* [THE DATA]
════════

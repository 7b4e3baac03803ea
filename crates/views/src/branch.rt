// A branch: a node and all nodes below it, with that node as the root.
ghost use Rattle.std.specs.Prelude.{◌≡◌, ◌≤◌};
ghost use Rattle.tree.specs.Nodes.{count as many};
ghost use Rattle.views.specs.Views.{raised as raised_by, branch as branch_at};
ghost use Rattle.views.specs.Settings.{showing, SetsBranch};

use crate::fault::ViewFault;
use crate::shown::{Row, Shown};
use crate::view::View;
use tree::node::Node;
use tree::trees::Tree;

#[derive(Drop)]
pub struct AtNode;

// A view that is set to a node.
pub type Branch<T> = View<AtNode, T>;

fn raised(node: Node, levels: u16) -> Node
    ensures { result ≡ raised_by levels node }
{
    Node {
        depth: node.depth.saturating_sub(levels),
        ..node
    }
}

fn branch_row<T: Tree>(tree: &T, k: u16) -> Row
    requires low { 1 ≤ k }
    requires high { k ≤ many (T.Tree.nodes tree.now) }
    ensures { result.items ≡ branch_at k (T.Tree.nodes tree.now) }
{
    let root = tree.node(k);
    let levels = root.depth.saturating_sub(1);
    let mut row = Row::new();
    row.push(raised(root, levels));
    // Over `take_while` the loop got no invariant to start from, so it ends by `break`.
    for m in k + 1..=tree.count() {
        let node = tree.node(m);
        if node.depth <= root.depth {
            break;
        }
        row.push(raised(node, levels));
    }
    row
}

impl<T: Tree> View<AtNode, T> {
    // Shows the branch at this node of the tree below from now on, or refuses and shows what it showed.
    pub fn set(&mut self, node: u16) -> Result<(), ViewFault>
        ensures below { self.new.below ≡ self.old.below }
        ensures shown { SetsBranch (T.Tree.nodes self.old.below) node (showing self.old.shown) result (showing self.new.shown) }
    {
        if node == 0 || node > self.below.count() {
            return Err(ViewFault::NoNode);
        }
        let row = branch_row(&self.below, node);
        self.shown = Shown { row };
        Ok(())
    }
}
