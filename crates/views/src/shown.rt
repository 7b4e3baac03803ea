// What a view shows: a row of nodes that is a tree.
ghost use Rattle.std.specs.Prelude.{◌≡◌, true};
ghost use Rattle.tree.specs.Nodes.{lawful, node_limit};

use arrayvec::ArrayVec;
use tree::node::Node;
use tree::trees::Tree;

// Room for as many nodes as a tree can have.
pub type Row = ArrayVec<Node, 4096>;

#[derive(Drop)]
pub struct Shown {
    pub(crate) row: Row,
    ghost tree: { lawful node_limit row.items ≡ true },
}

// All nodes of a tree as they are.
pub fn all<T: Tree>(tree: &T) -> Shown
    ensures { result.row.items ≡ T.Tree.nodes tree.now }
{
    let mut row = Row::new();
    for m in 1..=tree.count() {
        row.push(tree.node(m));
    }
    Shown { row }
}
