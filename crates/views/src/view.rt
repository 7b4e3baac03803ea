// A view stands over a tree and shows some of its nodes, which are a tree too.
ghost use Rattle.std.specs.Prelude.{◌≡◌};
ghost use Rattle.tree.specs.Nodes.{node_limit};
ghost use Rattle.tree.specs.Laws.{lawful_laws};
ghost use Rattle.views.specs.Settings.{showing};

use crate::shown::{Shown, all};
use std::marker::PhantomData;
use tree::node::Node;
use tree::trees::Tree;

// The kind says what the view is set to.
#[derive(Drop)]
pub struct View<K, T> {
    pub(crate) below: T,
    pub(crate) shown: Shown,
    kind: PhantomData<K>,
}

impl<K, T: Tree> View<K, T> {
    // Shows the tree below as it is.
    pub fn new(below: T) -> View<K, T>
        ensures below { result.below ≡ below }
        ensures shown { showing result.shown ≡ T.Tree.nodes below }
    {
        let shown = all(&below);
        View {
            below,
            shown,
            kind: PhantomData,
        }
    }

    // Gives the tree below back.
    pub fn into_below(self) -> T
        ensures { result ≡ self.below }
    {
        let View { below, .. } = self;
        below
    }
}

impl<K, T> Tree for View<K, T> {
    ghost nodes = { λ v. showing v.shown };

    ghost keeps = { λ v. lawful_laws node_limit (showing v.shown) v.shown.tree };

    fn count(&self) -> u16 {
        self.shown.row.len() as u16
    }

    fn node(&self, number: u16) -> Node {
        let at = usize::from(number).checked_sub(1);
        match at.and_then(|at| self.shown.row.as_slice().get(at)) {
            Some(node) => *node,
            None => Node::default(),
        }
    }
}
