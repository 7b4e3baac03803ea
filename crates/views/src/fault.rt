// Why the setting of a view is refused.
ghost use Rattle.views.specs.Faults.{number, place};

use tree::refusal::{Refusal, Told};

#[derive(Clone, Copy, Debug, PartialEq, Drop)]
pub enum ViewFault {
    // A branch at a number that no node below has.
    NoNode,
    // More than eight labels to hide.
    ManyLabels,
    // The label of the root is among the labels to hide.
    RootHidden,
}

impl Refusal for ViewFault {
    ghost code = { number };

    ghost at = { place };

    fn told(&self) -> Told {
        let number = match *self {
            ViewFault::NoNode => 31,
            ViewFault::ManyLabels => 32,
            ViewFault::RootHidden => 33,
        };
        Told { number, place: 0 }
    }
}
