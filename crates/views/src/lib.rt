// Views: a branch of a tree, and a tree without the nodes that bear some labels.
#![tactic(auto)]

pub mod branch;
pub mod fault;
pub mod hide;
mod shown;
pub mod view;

════════

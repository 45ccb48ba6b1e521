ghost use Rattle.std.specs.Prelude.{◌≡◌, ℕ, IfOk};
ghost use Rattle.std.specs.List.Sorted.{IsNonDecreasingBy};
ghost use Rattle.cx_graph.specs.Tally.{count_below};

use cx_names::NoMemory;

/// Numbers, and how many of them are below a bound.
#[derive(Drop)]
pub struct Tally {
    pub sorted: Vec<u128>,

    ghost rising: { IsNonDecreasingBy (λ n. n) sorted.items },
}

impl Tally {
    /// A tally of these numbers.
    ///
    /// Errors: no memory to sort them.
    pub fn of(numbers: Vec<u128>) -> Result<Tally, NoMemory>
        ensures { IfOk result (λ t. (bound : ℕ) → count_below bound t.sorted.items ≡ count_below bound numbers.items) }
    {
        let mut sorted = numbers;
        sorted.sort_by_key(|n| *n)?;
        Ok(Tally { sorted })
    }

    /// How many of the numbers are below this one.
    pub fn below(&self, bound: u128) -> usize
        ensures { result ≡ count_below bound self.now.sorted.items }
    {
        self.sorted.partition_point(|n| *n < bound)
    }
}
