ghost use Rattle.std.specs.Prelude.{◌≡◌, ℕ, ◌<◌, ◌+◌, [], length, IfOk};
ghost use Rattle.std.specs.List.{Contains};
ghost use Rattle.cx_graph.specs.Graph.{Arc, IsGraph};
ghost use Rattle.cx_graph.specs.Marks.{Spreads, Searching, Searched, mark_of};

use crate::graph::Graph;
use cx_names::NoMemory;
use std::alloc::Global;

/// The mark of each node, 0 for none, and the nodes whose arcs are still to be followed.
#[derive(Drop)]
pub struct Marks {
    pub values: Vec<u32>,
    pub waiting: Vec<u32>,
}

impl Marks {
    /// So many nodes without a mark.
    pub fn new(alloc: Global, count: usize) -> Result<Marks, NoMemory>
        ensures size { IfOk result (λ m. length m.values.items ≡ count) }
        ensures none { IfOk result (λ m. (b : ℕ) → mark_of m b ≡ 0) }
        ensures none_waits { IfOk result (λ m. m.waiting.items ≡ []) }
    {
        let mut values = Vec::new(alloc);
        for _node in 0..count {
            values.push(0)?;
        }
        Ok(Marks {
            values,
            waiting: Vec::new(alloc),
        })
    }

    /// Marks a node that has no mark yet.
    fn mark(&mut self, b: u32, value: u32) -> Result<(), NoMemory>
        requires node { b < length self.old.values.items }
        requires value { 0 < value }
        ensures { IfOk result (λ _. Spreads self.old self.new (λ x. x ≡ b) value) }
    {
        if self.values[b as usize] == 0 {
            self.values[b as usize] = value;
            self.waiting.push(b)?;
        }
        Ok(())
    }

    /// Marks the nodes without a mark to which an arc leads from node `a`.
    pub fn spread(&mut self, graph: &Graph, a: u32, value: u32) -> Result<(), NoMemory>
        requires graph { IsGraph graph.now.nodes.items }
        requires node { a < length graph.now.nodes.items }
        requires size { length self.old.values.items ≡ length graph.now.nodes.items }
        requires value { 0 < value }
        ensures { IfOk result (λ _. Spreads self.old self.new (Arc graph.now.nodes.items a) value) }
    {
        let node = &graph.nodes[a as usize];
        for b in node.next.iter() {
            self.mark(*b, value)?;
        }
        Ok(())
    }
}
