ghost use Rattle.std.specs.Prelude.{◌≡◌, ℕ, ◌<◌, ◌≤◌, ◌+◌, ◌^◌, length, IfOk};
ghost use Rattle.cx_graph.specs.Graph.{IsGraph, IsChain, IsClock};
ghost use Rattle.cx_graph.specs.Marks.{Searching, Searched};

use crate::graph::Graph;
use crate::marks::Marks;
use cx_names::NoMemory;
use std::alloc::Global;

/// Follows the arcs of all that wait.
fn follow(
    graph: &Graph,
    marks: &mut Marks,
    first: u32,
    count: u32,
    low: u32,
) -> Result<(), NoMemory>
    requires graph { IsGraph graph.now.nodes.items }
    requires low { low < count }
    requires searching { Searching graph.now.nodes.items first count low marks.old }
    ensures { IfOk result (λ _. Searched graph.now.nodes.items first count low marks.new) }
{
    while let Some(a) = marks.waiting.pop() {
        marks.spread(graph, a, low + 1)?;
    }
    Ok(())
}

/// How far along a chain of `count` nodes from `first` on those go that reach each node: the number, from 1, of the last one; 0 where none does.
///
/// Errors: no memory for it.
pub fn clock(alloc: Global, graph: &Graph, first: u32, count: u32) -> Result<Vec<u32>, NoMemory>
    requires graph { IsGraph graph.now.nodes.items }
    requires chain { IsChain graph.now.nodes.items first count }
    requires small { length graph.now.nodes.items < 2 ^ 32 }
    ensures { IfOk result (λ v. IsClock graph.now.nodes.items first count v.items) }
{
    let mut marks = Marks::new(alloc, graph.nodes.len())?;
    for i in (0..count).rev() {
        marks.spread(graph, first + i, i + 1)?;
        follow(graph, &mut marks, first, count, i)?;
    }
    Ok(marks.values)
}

════════

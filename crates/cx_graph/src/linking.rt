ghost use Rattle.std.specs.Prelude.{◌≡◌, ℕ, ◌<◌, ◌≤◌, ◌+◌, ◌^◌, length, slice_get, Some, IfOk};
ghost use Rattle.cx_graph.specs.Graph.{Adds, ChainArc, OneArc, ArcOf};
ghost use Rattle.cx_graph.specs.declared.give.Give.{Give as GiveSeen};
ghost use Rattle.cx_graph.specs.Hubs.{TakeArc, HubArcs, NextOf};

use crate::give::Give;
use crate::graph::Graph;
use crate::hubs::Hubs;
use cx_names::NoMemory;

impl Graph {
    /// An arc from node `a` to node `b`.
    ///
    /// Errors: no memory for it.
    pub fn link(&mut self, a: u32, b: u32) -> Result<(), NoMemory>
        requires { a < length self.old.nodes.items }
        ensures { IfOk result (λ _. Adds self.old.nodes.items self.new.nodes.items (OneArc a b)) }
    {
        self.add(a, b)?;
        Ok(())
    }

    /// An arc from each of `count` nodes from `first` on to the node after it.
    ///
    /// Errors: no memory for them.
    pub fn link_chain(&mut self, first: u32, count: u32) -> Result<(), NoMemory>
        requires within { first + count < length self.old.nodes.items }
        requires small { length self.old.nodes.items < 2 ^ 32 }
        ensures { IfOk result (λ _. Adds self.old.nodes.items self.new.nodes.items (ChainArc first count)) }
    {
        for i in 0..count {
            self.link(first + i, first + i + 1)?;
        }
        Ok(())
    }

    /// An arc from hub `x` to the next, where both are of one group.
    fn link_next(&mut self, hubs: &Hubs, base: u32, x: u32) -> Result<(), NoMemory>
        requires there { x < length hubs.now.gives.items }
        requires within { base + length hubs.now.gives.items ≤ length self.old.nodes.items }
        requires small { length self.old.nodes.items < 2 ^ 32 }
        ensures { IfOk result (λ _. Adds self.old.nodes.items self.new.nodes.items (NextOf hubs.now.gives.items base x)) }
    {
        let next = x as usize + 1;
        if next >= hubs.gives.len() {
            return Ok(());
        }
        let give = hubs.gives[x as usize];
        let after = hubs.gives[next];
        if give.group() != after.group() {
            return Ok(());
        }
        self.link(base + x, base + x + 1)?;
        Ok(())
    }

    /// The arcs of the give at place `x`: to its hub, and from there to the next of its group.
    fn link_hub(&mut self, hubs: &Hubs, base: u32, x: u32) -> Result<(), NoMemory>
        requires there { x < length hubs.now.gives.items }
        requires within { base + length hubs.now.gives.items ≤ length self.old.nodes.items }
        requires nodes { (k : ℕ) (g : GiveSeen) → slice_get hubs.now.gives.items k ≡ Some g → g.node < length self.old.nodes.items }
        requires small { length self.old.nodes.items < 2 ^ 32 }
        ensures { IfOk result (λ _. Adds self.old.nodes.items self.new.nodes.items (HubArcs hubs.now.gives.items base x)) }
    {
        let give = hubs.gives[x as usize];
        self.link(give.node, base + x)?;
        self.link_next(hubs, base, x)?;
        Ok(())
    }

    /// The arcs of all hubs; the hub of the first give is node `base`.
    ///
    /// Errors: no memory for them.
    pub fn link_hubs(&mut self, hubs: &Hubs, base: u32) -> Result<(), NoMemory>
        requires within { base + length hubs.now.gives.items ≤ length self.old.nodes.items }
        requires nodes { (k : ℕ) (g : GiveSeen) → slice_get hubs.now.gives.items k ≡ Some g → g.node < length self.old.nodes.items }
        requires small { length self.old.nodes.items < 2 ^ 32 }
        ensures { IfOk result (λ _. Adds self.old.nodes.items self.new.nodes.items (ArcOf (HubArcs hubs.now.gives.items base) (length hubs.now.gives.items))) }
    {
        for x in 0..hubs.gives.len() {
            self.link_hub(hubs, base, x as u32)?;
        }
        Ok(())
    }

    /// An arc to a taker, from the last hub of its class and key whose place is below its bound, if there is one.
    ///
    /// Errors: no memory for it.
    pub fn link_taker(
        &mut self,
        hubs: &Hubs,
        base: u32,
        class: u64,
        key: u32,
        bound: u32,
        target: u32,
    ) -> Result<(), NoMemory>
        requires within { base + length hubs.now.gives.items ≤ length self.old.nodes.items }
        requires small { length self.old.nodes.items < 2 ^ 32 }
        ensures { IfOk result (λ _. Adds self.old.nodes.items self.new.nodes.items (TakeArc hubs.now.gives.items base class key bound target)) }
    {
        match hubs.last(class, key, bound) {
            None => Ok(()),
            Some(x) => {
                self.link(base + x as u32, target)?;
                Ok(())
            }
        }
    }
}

════════

* [EXERCISE INSTRUCTIONS] Scan the records above for the string "without", and copy every line where it turns up.

* [PROBLEM SOLUTION]
// Views: a branch of a tree, and a tree without the nodes that bear some labels.
    /// So many nodes without a mark.
    /// Marks the nodes without a mark to which an arc leads from node `a`.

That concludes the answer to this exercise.